Als AutoSpray is geactiveerd:

  1. Til de twee hefarmem op.

  2. Wissel van lijn.

  3. Verlaag de twee hefarmem.

AUTOSPRAY_ACTIVE.png

Als AutoSpray is gedeactiveerd:

  1. Klik op Spuiten.

  2. Til de twee hefarmem op.

  3. Wissel van lijn.

  4. Verlaag de twee hefarmem.

  5. Klik op Spuiten.

AUTOSPRAY_DESACTIVE.png

INFORMATIE

Ongeacht of de wielen van de eenheden in zwenk- of vaste positie staan, is het noodzakelijk om de machine aan het einde van de lijn op te tillen.

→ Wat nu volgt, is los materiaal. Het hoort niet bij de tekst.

// Masks that hold, of each key, all versions up to some: the store as it was at some time, or how a replica sees it that takes in what
// it gets in the order of the commits. As writers rise with the version number, the commits of which such masks hold a version are found
// without a look at each version.
ghost use Rattle.std.specs.Prelude.{◌≡◌, ℕ, ◌<◌, ◌≤◌, true, List, length};
ghost use Rattle.std.proofs.Math.Option.{none};
ghost use Rattle.dependencies.specs.History.{Holds};
ghost use Rattle.store.specs.Limits.{max_keys};
ghost use Rattle.store.specs.Store.{View, Store};
ghost use Rattle.store.specs.History.{history, held};
ghost use Rattle.store.specs.Refusal.{bad_mask};
ghost use Rattle.state.specs.Room.{VersionsRoom, KeysRoom, FreshRoom};
ghost use Rattle.state.specs.Keeps.{IsSet};
ghost use Rattle.views.specs.Viewed.{NewMasks};
ghost use Rattle.views.specs.Prefix.{Downward, Prefixes, Lacks};

use crate::gathered;
use state::Key;

// Empty where the mask holds all versions up to its newest: the next number then has no digit in common with it.
fn gaps(mask: u64) -> u64
    ensures { result ≡ 0 → Downward mask }
{
    mask & std::num::wrapping_add_u64(mask, 1)
}

// Whether each mask holds all versions up to its newest.
pub fn prefixes(fresh: &[u64], n: usize) -> bool
    requires { n ≤ length fresh.now }
    ensures { result ≡ true → Prefixes fresh.now n }
{
    gathered(n, |k| gaps(fresh[k])) == 0
}

// The commits of which masks hold a version, and those of which they lack one.
#[derive(Clone, Copy)]
pub struct Parts {
    pub held: u64,
    pub lacking: u64,
}

// The commits of which the masks hold a version, and those of which they lack one: at each key the writers up to that of the newest
// version in the mask, and those above it.
pub fn split(versions: &[u64], keys: &[u64], fresh: &[u64], n: usize) -> Parts
    requires { (n ≤ max_keys) × VersionsRoom versions.now × KeysRoom keys.now × FreshRoom fresh.now }
    ensures { (s : Store) (old u : View) (masks : List ℕ) (base seen : ℕ)
        → NewMasks s old u n versions.now keys.now masks base seen fresh.now → bad_mask s u ≡ none → Prefixes fresh.now n
        → IsSet result.held (Holds (history s) (held u)) × IsSet result.lacking (Lacks s u) }
{
    let mut held = 0u64;
    let mut lacking = 0u64;
    for k in 0..n {
        let writer = state::newest_visible(versions, fresh[k], Key(k)).writer;
        let writers = keys[state::WRITERS + k];
        let later = sets::without(writers, sets::up_to(writer.0));
        held = sets::union(held, sets::without(writers, later));
        lacking = sets::union(lacking, later);
    }
    Parts { held, lacking }
}
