// The reader behind the lexer: it reads a text from its front, and keeps what is unfinished.
ghost use Rattle.std.specs.Prelude.{◌≡◌, ◌≢◌, ◌+◌, ◌<◌, ◌≤◌, ◌^◌, ◌==◌, ◌||◌, ℕ, List, [], ◌∷◌, map, length, slice_index, true, false, IfOk, IfErr};
ghost use Rattle.pat_lexer_spec.specs.Characters.{is_blank, is_digit, is_in_line};
ghost use Rattle.pat_syntax.specs.Views.{kind_view, token_view};
ghost use Rattle.pat_lexer.specs.fronts.Bytes.{is_name_start, is_name_byte, is_plain_ascii, is_other, IsRunOf};

use super::error::LexError;
use super::unfinished::Unfinished;
use crate::fronts::{
    Front, blank_run, comment_run, digit_run, front_of, is_escapable, is_name_byte, mark_of,
    name_run, name_token, number_with, plain_run,
};
use pat_sequences::Text;
use pat_syntax::{Mark, Span, Token, TokenKind};
use std::alloc::Global;
use unicode_ident::{is_xid_continue, is_xid_start};

/// What was read so far.
#[derive(Drop)]
pub struct Reader {
    alloc: Global,
    /// The tokens that are whole.
    pub whole: Vec<Token>,
    pub unfinished: Unfinished,
    /// Where the unfinished piece begins, and otherwise the position.
    pub start: u32,
    /// The number of bytes read.
    pub position: u32,
    /// The bytes of the unfinished piece, in a comment those of an unfinished character alone.
    pub held: Vec<u8>,
    /// The bytes of an unfinished character, which end the bytes held.
    pub character: Vec<u8>,
    /// Where the unfinished character begins.
    pub character_start: u32,
    /// The value of the unfinished integer.
    pub number: u64,
    /// The bytes that the unfinished string stands for.
    pub text: Vec<u8>,
    ghost narrow: { number ≤ 9223372036854775807 },
}
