//! The columns of the table of opcodes.

use crate::opcode::Ty;
use b3_base::Width;

/// What a value carries beside its children: an item that its line names, or its successors.
#[derive(Clone, Copy, Debug, PartialEq, Eq)]
pub enum Carries {
    /// Nothing.
    Nothing,
    /// A constant of this width.
    Number(Width),
    /// The register of an argument.
    Register,
    /// The number of a stack slot.
    SlotNumber,
    /// The offset of an access.
    Offset,
    /// The id of a Phi.
    PhiId,
    /// The stackmap of a Patchpoint.
    Site,
    /// The stackmap of a check.
    Exit,
    /// One successor.
    OneSuccessor,
    /// Two successors, the one that is taken where the child isn't 0 first.
    TwoSuccessors,
    /// Cases, with a successor each, and the fall-through last.
    CaseSuccessors,
}

/// The flag that a value may have.
#[derive(Clone, Copy, Debug, PartialEq, Eq)]
pub enum Flag {
    /// None.
    NoFlag,
    /// Division by 0 and the least number by -1 have a result.
    Chill,
    /// An access of a byte that isn't mapped ends the run.
    Traps,
}

/// The type of a child that a value computes with.
#[derive(Clone, Copy, Debug, PartialEq, Eq)]
pub enum Takes {
    /// The one type of the row, Int32 or Int64.
    Alike,
    /// Int32 or Int64, whatever the others are.
    Any,
    /// This type.
    This(Ty),
}

/// The children that may follow those that a value computes with, each Int32 or Int64.
#[derive(Clone, Copy, Debug, PartialEq, Eq)]
pub enum More {
    /// None.
    NoMore,
    /// One or none.
    One,
    /// Any number of arguments.
    Arguments,
    /// Any number of reported children.
    Reported,
}

/// The type of a value.
#[derive(Clone, Copy, Debug, PartialEq, Eq)]
pub enum Gives {
    /// The one type of the row, Int32 or Int64.
    Alike,
    /// Any type.
    AnyOrVoid,
    /// This type.
    This(Ty),
}
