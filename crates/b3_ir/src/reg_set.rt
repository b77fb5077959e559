//! Sets of general registers.

ghost use Rattle.std.specs.Prelude.{◌≡◌, ℕ, ◌<◌, ◌≤◌, ◌^◌, ◌⊎◌, ◌↔◌, IsTrue, IsBitSet};

use crate::value::Reg;
use std::marker::Model;

/// A set of the registers x0 to x30. Contracts see it as the number whose bit r is set exactly
/// where x r is a member.
#[derive(Clone, Copy, Debug, PartialEq, Eq)]
pub struct RegSet {
    bits: u32,
}

impl Model for RegSet {
    ghost Value = { ℕ };

    ghost view = { λ set. set.bits };

    ghost inverse = { λ number. record { bits = number } };
}

impl RegSet {
    /// The set without members.
    pub fn new() -> RegSet
        ensures { result ≡ 0 }
    {
        RegSet { bits: 0 }
    }

    /// The set that has x r exactly where bit r of `bits` is set.
    pub fn from_bits(bits: u32) -> RegSet
        requires { bits < 2 ^ 31 }
        ensures { result ≡ bits }
    {
        RegSet { bits }
    }

    /// Adds a register, which may be a member already.
    pub fn insert(&mut self, reg: Reg)
        requires { reg.0 ≤ 30 }
        ensures members { (r : ℕ) → IsBitSet self.new r ↔ (IsBitSet self.old r ⊎ (r ≡ reg.0)) }
        ensures bound { self.old < 2 ^ 31 → self.new < 2 ^ 31 }
    {
        self.bits |= 1 << reg.0;
    }

    /// Whether a register is a member.
    pub fn contains(&self, reg: Reg) -> bool
        requires { reg.0 ≤ 30 }
        ensures { IsTrue result ↔ IsBitSet self.now reg.0 }
    {
        self.bits & (1 << reg.0) != 0
    }

    /// The word whose bit r is set exactly where x r is a member.
    pub fn bits(&self) -> u32
        ensures { result ≡ self.now }
    {
        self.bits
    }
}
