//! B3 procedures: types, opcodes and their table, values, and procedures and modules as lists of lists.
#![tactic(auto)]

mod children;
mod name;
mod opcode;
mod procedure;
mod reg_set;
mod table;
mod types;
mod value;

pub use children::Children;
pub use ir_arena::NodeId;
pub use name::is_name;
pub use opcode::{Kind, Opcode, Ty};
pub use procedure::{BlockLine, Module, Proc, SlotLine};
pub use reg_set::RegSet;
pub use table::{Carries, Flag, Gives, More, Takes};
pub use types::allows_types;
pub use value::{Body, Constraint, Constraints, Reg, Stackmap, Value};
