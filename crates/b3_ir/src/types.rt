//! The types that the rows of opcodes allow.

ghost use Rattle.std.specs.Prelude.{◌≡◌, ◌≤◌, [], ◌∷◌, take};
ghost use Rattle.std.specs.List.{list_all};
ghost use Rattle.b3_ir.specs.Table as table;
ghost use Rattle.b3_ir.specs.Types as spec;

use crate::opcode::{Opcode, Ty};
use crate::table::{Gives, More, Takes};

/// What the row of an opcode says of types: of the first `count` of `takes`, which children a value
/// computes with; which may follow; and the type of its result.
#[derive(Clone, Copy)]
struct Types {
    takes: [Takes; 3],
    count: usize,
    more: More,
    gives: Gives,
}

/// Whether a value of the opcode may have this type, and children of these types.
pub fn allows_types(opcode: Opcode, ty: Ty, types: &[Ty]) -> bool
    ensures { result ≡ spec.allows_types opcode ty types.now }
{
    allows_alike(Ty::Int32, opcode, ty, types) || allows_alike(Ty::Int64, opcode, ty, types)
}

/// Whether it may where `alike` is the one type of the row.
fn allows_alike(alike: Ty, opcode: Opcode, ty: Ty, types: &[Ty]) -> bool
    ensures { result ≡ spec.allows_alike alike opcode ty types.now }
{
    let row = types_of(opcode);
    takes_types(alike, &row.takes[..row.count], row.more, types) && gives_type(alike, row.gives, ty)
}

/// Whether children of these types may be taken.
fn takes_types(alike: Ty, takes: &[Takes], more: More, types: &[Ty]) -> bool
    ensures { result ≡ spec.takes_types alike takes.now more types.now }
{
    for (at, wanted) in takes.iter().enumerate() {
        if at >= types.len() {
            return false;
        }
        if !takes_type(alike, *wanted, types[at]) {
            return false;
        }
    }
    may_follow(more, &types[takes.len()..])
}

/// Whether children of these types may follow those that a value computes with.
fn may_follow(more: More, types: &[Ty]) -> bool
    ensures { result ≡ spec.may_follow more types.now }
{
    match more {
        More::NoMore => types.is_empty(),
        More::One => types.is_empty() || types.len() == 1 && has_word(types[0]),
        More::Arguments | More::Reported => have_words(types),
    }
}

/// Whether a value of each of these types has a word.
fn have_words(types: &[Ty]) -> bool
    ensures { result ≡ list_all spec.has_word types.now }
{
    types.iter().all(|ty| has_word(*ty))
}

/// Whether a child of this type may be taken.
fn takes_type(alike: Ty, takes: Takes, ty: Ty) -> bool
    ensures { result ≡ spec.takes_type alike takes ty }
{
    match takes {
        Takes::Alike => same_type(ty, alike),
        Takes::Any => has_word(ty),
        Takes::This(wanted) => same_type(ty, wanted),
    }
}

/// Whether a value may have this type.
fn gives_type(alike: Ty, gives: Gives, ty: Ty) -> bool
    ensures { result ≡ spec.gives_type alike gives ty }
{
    match gives {
        Gives::Alike => same_type(ty, alike),
        Gives::AnyOrVoid => true,
        Gives::This(wanted) => same_type(ty, wanted),
    }
}

fn same_type(ty: Ty, other: Ty) -> bool
    ensures { result ≡ spec.same_type ty other }
{
    match (ty, other) {
        (Ty::Void, Ty::Void) | (Ty::Int32, Ty::Int32) | (Ty::Int64, Ty::Int64) => true,
        _ => false,
    }
}

/// Whether a value of this type has a word.
fn has_word(ty: Ty) -> bool
    ensures { result ≡ spec.has_word ty }
{
    match ty {
        Ty::Void => false,
        Ty::Int32 | Ty::Int64 => true,
    }
}

const INT32: Takes = Takes::This(Ty::Int32);

const INT64: Takes = Takes::This(Ty::Int64);

/// The types of a row.
fn types_of(opcode: Opcode) -> Types
    ensures takes { take result.count result.takes ≡ (table.row_of opcode).takes }
    ensures few { result.count ≤ 3 }
    ensures more { result.more ≡ (table.row_of opcode).more }
    ensures gives { result.gives ≡ (table.row_of opcode).gives }
{
    match opcode {
        Opcode::Nop | Opcode::Jump | Opcode::Oops => none(Gives::This(Ty::Void)),
        Opcode::Const32 => none(Gives::This(Ty::Int32)),
        Opcode::Const64 | Opcode::ArgumentReg | Opcode::FramePointer | Opcode::SlotBase => {
            none(Gives::This(Ty::Int64))
        }
        Opcode::Phi => none(Gives::Alike),
        Opcode::Identity | Opcode::Neg | Opcode::Clz => one(Takes::Alike, Gives::Alike),
        Opcode::SExt8 | Opcode::SExt16 => one(INT32, Gives::This(Ty::Int32)),
        Opcode::SExt32 | Opcode::ZExt32 => one(INT32, Gives::This(Ty::Int64)),
        Opcode::Trunc => one(INT64, Gives::This(Ty::Int32)),
        Opcode::Load8Z | Opcode::Load8S | Opcode::Load16Z | Opcode::Load16S => {
            one(INT64, Gives::This(Ty::Int32))
        }
        Opcode::Load => one(INT64, Gives::Alike),
        Opcode::Upsilon | Opcode::Branch | Opcode::Switch => one(Takes::Any, Gives::This(Ty::Void)),
        Opcode::Add
        | Opcode::Sub
        | Opcode::Mul
        | Opcode::BitAnd
        | Opcode::BitOr
        | Opcode::BitXor
        | Opcode::Div
        | Opcode::Mod
        | Opcode::UDiv
        | Opcode::UMod => two(Takes::Alike, Takes::Alike, Gives::Alike),
        Opcode::Shl | Opcode::SShr | Opcode::ZShr | Opcode::RotL | Opcode::RotR => {
            two(Takes::Alike, INT32, Gives::Alike)
        }
        Opcode::Equal
        | Opcode::NotEqual
        | Opcode::LessThan
        | Opcode::GreaterThan
        | Opcode::LessEqual
        | Opcode::GreaterEqual
        | Opcode::Above
        | Opcode::Below
        | Opcode::AboveEqual
        | Opcode::BelowEqual => two(Takes::Alike, Takes::Alike, Gives::This(Ty::Int32)),
        Opcode::Store8 | Opcode::Store16 => two(INT32, INT64, Gives::This(Ty::Void)),
        Opcode::Store => two(Takes::Any, INT64, Gives::This(Ty::Void)),
        Opcode::Select => Types {
            takes: [Takes::Any, Takes::Alike, Takes::Alike],
            count: 3,
            more: More::NoMore,
            gives: Gives::Alike,
        },
        Opcode::CCall => then(one(INT64, Gives::AnyOrVoid), More::Arguments),
        Opcode::Patchpoint => then(none(Gives::AnyOrVoid), More::Reported),
        Opcode::Check => then(one(Takes::Any, Gives::This(Ty::Void)), More::Reported),
        Opcode::CheckAdd | Opcode::CheckSub | Opcode::CheckMul => {
            then(
                two(Takes::Alike, Takes::Alike, Gives::Alike),
                More::Reported,
            )
        }
        Opcode::Return => then(none(Gives::This(Ty::Void)), More::One),
    }
}

/// A row of no child.
fn none(gives: Gives) -> Types
    ensures takes { take result.count result.takes ≡ [] }
    ensures few { result.count ≤ 3 }
    ensures more { result.more ≡ More.NoMore }
    ensures gives { result.gives ≡ gives }
{
    Types {
        takes: [Takes::Any, Takes::Any, Takes::Any],
        count: 0,
        more: More::NoMore,
        gives,
    }
}

/// A row of one child.
fn one(first: Takes, gives: Gives) -> Types
    ensures takes { take result.count result.takes ≡ first ∷ [] }
    ensures few { result.count ≤ 3 }
    ensures more { result.more ≡ More.NoMore }
    ensures gives { result.gives ≡ gives }
{
    Types {
        takes: [first, Takes::Any, Takes::Any],
        count: 1,
        more: More::NoMore,
        gives,
    }
}

/// A row of two children.
fn two(first: Takes, second: Takes, gives: Gives) -> Types
    ensures takes { take result.count result.takes ≡ first ∷ second ∷ [] }
    ensures few { result.count ≤ 3 }
    ensures more { result.more ≡ More.NoMore }
    ensures gives { result.gives ≡ gives }
{
    Types {
        takes: [first, second, Takes::Any],
        count: 2,
        more: More::NoMore,
        gives,
    }
}

/// The row, and what may follow.
fn then(row: Types, more: More) -> Types
    ensures takes { take result.count result.takes ≡ take row.count row.takes }
    ensures few { result.count ≡ row.count }
    ensures more { result.more ≡ more }
    ensures gives { result.gives ≡ row.gives }
{
    let takes = row.takes;
    Types {
        takes,
        count: row.count,
        more,
        gives: row.gives,
    }
}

Einde van de spuitvloeistoftank

INFORMATIE

De hoeveelheid vloeistof wordt bepaald door visuele inspectie door de operator.

  1. Klik op Spuiten.

  2. Bereken het volume spuitvloeistof dat nodig is om de behandeling voort te zetten: V = (A - CA) × LHA

    • V = volume spuitvloeistof dat moet worden gespoten

    • A = totale oppervlakte van het veld

    • CA = oppervlakte reeds behandeld (Besproten oppervlakte)

    • LHA = verbruik (l/ha)

  3. Bereid het berekende volume spuitvloeistof voor volgens de instructies in het hoofdstuk Voorbereiding spuitvloeistof.

  4. Behandeling hervatten.


Einde van het veld

  1. Klik op Spuiten.

SPRAYING.png

  1. Klik op Missie stoppen.

STOP_MISSION.png

  1. Het restvolume van de spuitvloeistof kan op twee verschillende manieren worden afgeleid. Deze twee gevallen worden in aparte hoofdstukken hieronder beschreven:

Reiniging na onderbreking van de behandeling

Reiniging na onderbreking van de behandeling


VOORZICHTIGHEID

Naleef alle lokale, provinciale en nationale voorschriften die van toepassing zijn op de afvalverwerking van spuitresten of resterende gewasbeschermingsmiddelen.